━━━ RECORDED DATA ━━━

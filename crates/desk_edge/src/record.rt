use crate::key::Key;
use desk_rows::Keyed;
use desk_text::{Bytes, OutOfMemory};
use std::alloc::Global;
use std::cmp::Ordering;

/// A body that a store keeps under a key, which is the kind and the code.
#[derive(Debug, PartialEq, Eq, Drop)]
pub struct Record {
    /// The kind of the record.
    pub kind: u8,
    /// The code that names it among those of its kind.
    pub code: Bytes,
    /// What is kept under them.
    pub body: Bytes,
}

impl Keyed for Record {
    type Key = Key;

    ghost use Rattle.desk_edge.specs.Content.{key_of};

    ghost key = { key_of };

    fn compare(&self, sought: &Key) -> Ordering {
        (self.kind, &self.code).cmp(&(sought.kind, &sought.code))
    }

    fn compare_row(&self, other: &Record) -> Ordering {
        (self.kind, &self.code).cmp(&(other.kind, &other.code))
    }

    fn copied(&self, alloc: Global) -> Result<Record, OutOfMemory> {
        Ok(Record {
            kind: self.kind,
            code: self.code.copied(alloc)?,
            body: self.body.copied(alloc)?,
        })
    }
}
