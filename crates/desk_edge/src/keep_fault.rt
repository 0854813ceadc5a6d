use crate::failed::Failed;
use desk_text::OutOfMemory;
use std::alloc::AllocError;

/// Why a call of a store wasn't done.
#[derive(Clone, Copy, Debug, PartialEq, Eq)]
pub enum KeepFault {
    /// The store refused the call; it counted a fault.
    Failed,
    /// There was no memory for it.
    OutOfMemory,
}

impl From<Failed> for KeepFault {
    ghost use Rattle.std.specs.Prelude.{◌≡◌};
    ghost use Rattle.desk_edge.specs.declared.keep_fault.KeepFault.TheVariants as fault;

    ghost from_gives = { λ _ e. e ≡ fault.Failed };

    fn from(_error: Failed) -> KeepFault {
        KeepFault::Failed
    }
}

impl From<OutOfMemory> for KeepFault {
    ghost use Rattle.std.specs.Prelude.{◌≡◌};
    ghost use Rattle.desk_edge.specs.declared.keep_fault.KeepFault.TheVariants as fault;

    ghost from_gives = { λ _ e. e ≡ fault.OutOfMemory };

    fn from(_error: OutOfMemory) -> KeepFault {
        KeepFault::OutOfMemory
    }
}

impl From<AllocError> for KeepFault {
    ghost use Rattle.std.specs.Prelude.{◌≡◌};
    ghost use Rattle.desk_edge.specs.declared.keep_fault.KeepFault.TheVariants as fault;

    ghost from_gives = { λ _ e. e ≡ fault.OutOfMemory };

    fn from(_error: AllocError) -> KeepFault {
        KeepFault::OutOfMemory
    }
}
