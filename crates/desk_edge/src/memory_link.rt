ghost use Rattle.std.specs.Prelude.{◌≡◌, ◌<◌, ◌≤◌, [], length, IfOk, IsErr, Some};
ghost use Rattle.std.specs.Io.KnownBytes.{ReadConsumes, WriteAppends};
ghost use Rattle.desk_edge.specs.Faults.{CountsFaults};
ghost use Rattle.desk_edge.specs.Memory.{read_answer, after_read, buffer_after, write_answer, after_write};

use crate::failed::Failed;
use crate::link::Link;
use desk_text::{Bytes, OutOfMemory};
use std::alloc::Global;
use std::marker::Model;

/// A link in memory, for tests. It tells its bytes, gives them in pieces, has a limited room for
/// what is written, and fails on the calls that it is told to fail on, and on no other.
#[derive(Debug)]
pub struct MemoryLink {
    input: Bytes,
    at: usize,
    written: Vec<u8>,
    piece: usize,
    room: usize,
    failing: Vec<u64>,
    calls: u64,
    faults: u64,
    read_faults: u64,
}

// Written out, so that a function that owns one does not prove anew how each part is dropped.
impl Drop for MemoryLink {
    fn drop(self) {
        let MemoryLink {
            input: _,
            at: _,
            written: _,
            piece: _,
            room: _,
            failing: _,
            calls: _,
            faults: _,
            read_faults: _,
        } = self;
    }
}

impl Model for MemoryLink {
    ghost use Rattle.std.specs.Prelude.{◌+◌, ◌≤◌, drop, length, vec_len, vec_capacity};
    ghost use Rattle.desk_edge.specs.Memory.{Memory};

    ghost Value = { Memory };

    ghost view = { λ m. record {
      unread = drop m.at m.input;
      written = m.written.items;
      piece = m.piece;
      room = m.room;
      failing = m.failing.items;
      calls = m.calls;
      faults = m.faults;
      read_faults = m.read_faults;
    } };

    ghost invariant = { λ m.
        (1 ≤ m.piece) × (m.at ≤ length m.input) × (vec_len m.written + m.room ≤ vec_capacity m.written) };
}

impl MemoryLink {
    /// A link that gives `input`, at most `piece` bytes a read, and has room for `room` bytes of
    /// output, which it takes at once. The calls whose numbers `failing` has fail; reads and
    /// writes are counted together, from 1.
    pub fn new(
        alloc: Global,
        input: Bytes,
        piece: usize,
        room: usize,
        failing: Vec<u64>,
    ) -> Result<MemoryLink, OutOfMemory>
        requires { 1 ≤ piece }
        ensures { IfOk result (λ link. link ≡ record {
          unread = input;
          written = [];
          piece = piece;
          room = room;
          failing = failing.items;
          calls = 0;
          faults = 0;
          read_faults = 0;
        }) }
    {
        let written = Vec::with_capacity(alloc, room)?;
        Ok(MemoryLink {
            input,
            at: 0,
            written,
            piece,
            room,
            failing,
            calls: 0,
            faults: 0,
            read_faults: 0,
        })
    }

    /// The bytes that writes have taken so far.
    pub fn written(&self) -> &[u8]
        ensures { result.now ≡ self.now.written }
    {
        self.written.as_slice()
    }
}

impl Link for MemoryLink {
    ghost faults = { λ m. m.faults };

    ghost read_faults = { λ m. m.read_faults };

    ghost unread = { λ m. Some m.unread };

    ghost written = { λ m. Some m.written };

    fn read(&mut self, into: &mut [u8]) -> Result<usize, Failed>
        ensures within { IfOk result (λ n. n ≤ length into.new) }
        ensures gives { ReadConsumes (Some self.old.unread) (Some self.new.unread) result into.new }
        ensures output_stays { Some self.new.written ≡ Some self.old.written }
        ensures faults { CountsFaults (IsErr result) self.old.faults self.new.faults }
        ensures read_faults { CountsFaults (IsErr result) self.old.read_faults self.new.read_faults }
        ensures answer { result ≡ read_answer self.old (length into.old) }
        ensures after { self.new ≡ after_read self.old (length into.old) }
        ensures buffer { into.new ≡ buffer_after self.old into.old }
    {
        self.calls = self.calls.saturating_add(1);
        if self.failing.contains(&self.calls) {
            self.faults = self.faults.saturating_add(1);
            self.read_faults = self.read_faults.saturating_add(1);
            return Err(Failed);
        }
        let (_, left) = self.input.as_slice().split_at(self.at);
        let n = self.piece.min(into.len()).min(left.len());
        into[..n].copy_from_slice(left.split_at(n).0);
        self.at += n;
        Ok(n)
    }

    fn write(&mut self, piece: &[u8]) -> Result<usize, Failed>
        ensures within { IfOk result (λ n. n ≤ length piece.now) }
        ensures some { IfOk result (λ n. 0 < length piece.now → 0 < n) }
        ensures takes { WriteAppends (Some self.old.written) (Some self.new.written) result piece.now }
        ensures input_stays { Some self.new.unread ≡ Some self.old.unread }
        ensures reads_stay { self.new.read_faults ≡ self.old.read_faults }
        ensures faults { CountsFaults (IsErr result) self.old.faults self.new.faults }
        ensures answer { result ≡ write_answer self.old piece.now }
        ensures after { self.new ≡ after_write self.old piece.now }
    {
        self.calls = self.calls.saturating_add(1);
        if self.failing.contains(&self.calls) || (self.room == 0 && !piece.is_empty()) {
            self.faults = self.faults.saturating_add(1);
            return Err(Failed);
        }
        let n = self.room.min(piece.len());
        self.written.extend_from_slice(&piece[..n]).unwrap();
        self.room -= n;
        Ok(n)
    }
}
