use desk_edge::{Doors, Failed, Link, ListDoors, MemoryLink};
use desk_testing::{bytes, expect_eq};
use desk_text::OutOfMemory;
use std::alloc::Global;
use std::test::Fail;

// The steps are written for any doors, and take them, so that the proof of a test doesn't carry what doors are made of.

/// A call that is made of doors.
#[derive(Clone, Copy)]
enum Call {
    Listen,
    Next,
}

/// A call, its answer by the first byte of the line that is given, and what the doors tell after it: how many faults, how many lines were
/// taken, and whether they are closed.
type Step = (Call, Result<Option<u8>, Failed>, (u64, u64, bool));

/// The first byte that the line gives.
fn first_byte<L: Link + Drop>(line: L) -> u8 {
    let mut line = line;
    let mut buffer = [0; 1];
    match line.read(&mut buffer) {
        Ok(1) => buffer[0],
        _ => b'?',
    }
}

fn answer<D: Doors>(doors: &mut D, call: Call) -> Result<Option<u8>, Failed> {
    match call {
        Call::Listen => {
            doors.listen(7000)?;
            Ok(None)
        }
        Call::Next => match doors.next()? {
            Some(line) => Ok(Some(first_byte(line))),
            None => Ok(None),
        },
    }
}

fn told<D: Doors>(doors: &D) -> (u64, u64, bool) {
    (doors.faults(), doors.taken(), doors.closed())
}

/// Fails unless each of the calls, made one after the other, is answered so, and leaves the doors so.
fn goes<D: Doors>(doors: &mut D, steps: &[Step]) -> Result<(), Fail> {
    for (place, (call, answered, after)) in steps.iter().enumerate() {
        let found = answer(doors, *call);
        expect_eq(&(place, found, told(doors)), &(place, *answered, *after))?;
    }
    Ok(())
}

/// Doors with three lines, whose first bytes are `a`, `b` and `c`, that fail on these calls.
fn three_lines(alloc: Global, failing: &[u64]) -> Result<ListDoors, OutOfMemory> {
    let mut lines = Vec::new(alloc);
    for text in ["a", "b", "c"] {
        let input = bytes(alloc, text)?;
        lines.push(MemoryLink::new(alloc, input, 1, 0, Vec::new(alloc))?)?;
    }
    Ok(ListDoors::new(lines, failing.to_vec(alloc)?))
}

const IN_ORDER: [Step; 6] = [
    (Call::Listen, Ok(None), (0, 0, false)),
    (Call::Next, Ok(Some(b'a')), (0, 1, false)),
    (Call::Next, Ok(Some(b'b')), (0, 2, false)),
    (Call::Next, Ok(Some(b'c')), (0, 3, false)),
    (Call::Next, Ok(None), (0, 3, true)),
    (Call::Next, Ok(None), (0, 3, true)),
];

#[test]
fn doors_in_memory_give_their_lines_in_order_and_are_closed_for_good(
    rt: HostRuntime,
) -> Result<(), Fail> {
    let mut doors = three_lines(rt.alloc(), &[])?;
    goes(&mut doors, &IN_ORDER)
}

/// The first, the third, the sixth and the eighth call fail.
const FAILING: [Step; 9] = [
    (Call::Listen, Err(Failed), (1, 0, false)),
    (Call::Next, Ok(Some(b'a')), (1, 1, false)),
    (Call::Next, Err(Failed), (2, 1, false)),
    (Call::Listen, Ok(None), (2, 1, false)),
    (Call::Next, Ok(Some(b'b')), (2, 2, false)),
    (Call::Next, Err(Failed), (3, 2, false)),
    (Call::Next, Ok(Some(b'c')), (3, 3, false)),
    (Call::Next, Err(Failed), (4, 3, false)),
    (Call::Next, Ok(None), (4, 3, true)),
];

#[test]
fn doors_in_memory_fail_on_their_numbered_calls_and_lose_no_line(
    rt: HostRuntime,
) -> Result<(), Fail> {
    let mut doors = three_lines(rt.alloc(), &[8, 1, 6, 3])?;
    goes(&mut doors, &FAILING)
}

/// The fifth call fails, where the doors are closed.
const CLOSED: [Step; 6] = [
    (Call::Next, Ok(Some(b'a')), (0, 1, false)),
    (Call::Next, Ok(Some(b'b')), (0, 2, false)),
    (Call::Next, Ok(Some(b'c')), (0, 3, false)),
    (Call::Next, Ok(None), (0, 3, true)),
    (Call::Next, Err(Failed), (1, 3, true)),
    (Call::Listen, Ok(None), (1, 3, true)),
];

#[test]
fn closed_doors_in_memory_stay_closed_over_a_fault_and_a_call_to_listen(
    rt: HostRuntime,
) -> Result<(), Fail> {
    let mut doors = three_lines(rt.alloc(), &[5])?;
    goes(&mut doors, &CLOSED)
}

/// Fails unless doors that are owned go so.
fn go<D: Doors + Drop>(doors: D, steps: &[Step]) -> Result<(), Fail> {
    let mut doors = doors;
    goes(&mut doors, steps)
}

/// Fails unless the first two lines are taken of the doors as they are lent, and the third of the doors themselves.
fn goes_on_after_the_loan<D: Doors>(doors: &mut D) -> Result<(), Fail> {
    go(&mut *doors, &CLOSED[..2])?;
    expect_eq(&told(doors), &(0, 2, false))?;
    goes(doors, &CLOSED[2..])
}

#[test]
fn doors_that_are_lent_are_doors(rt: HostRuntime) -> Result<(), Fail> {
    let mut doors = three_lines(rt.alloc(), &[5])?;
    goes_on_after_the_loan(&mut doors)
}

━━━

Copy out the lines above with "PartialEq" in them.

#[derive(Debug, PartialEq, Eq, Drop)]
#[derive(Clone, Copy, Debug, PartialEq, Eq)]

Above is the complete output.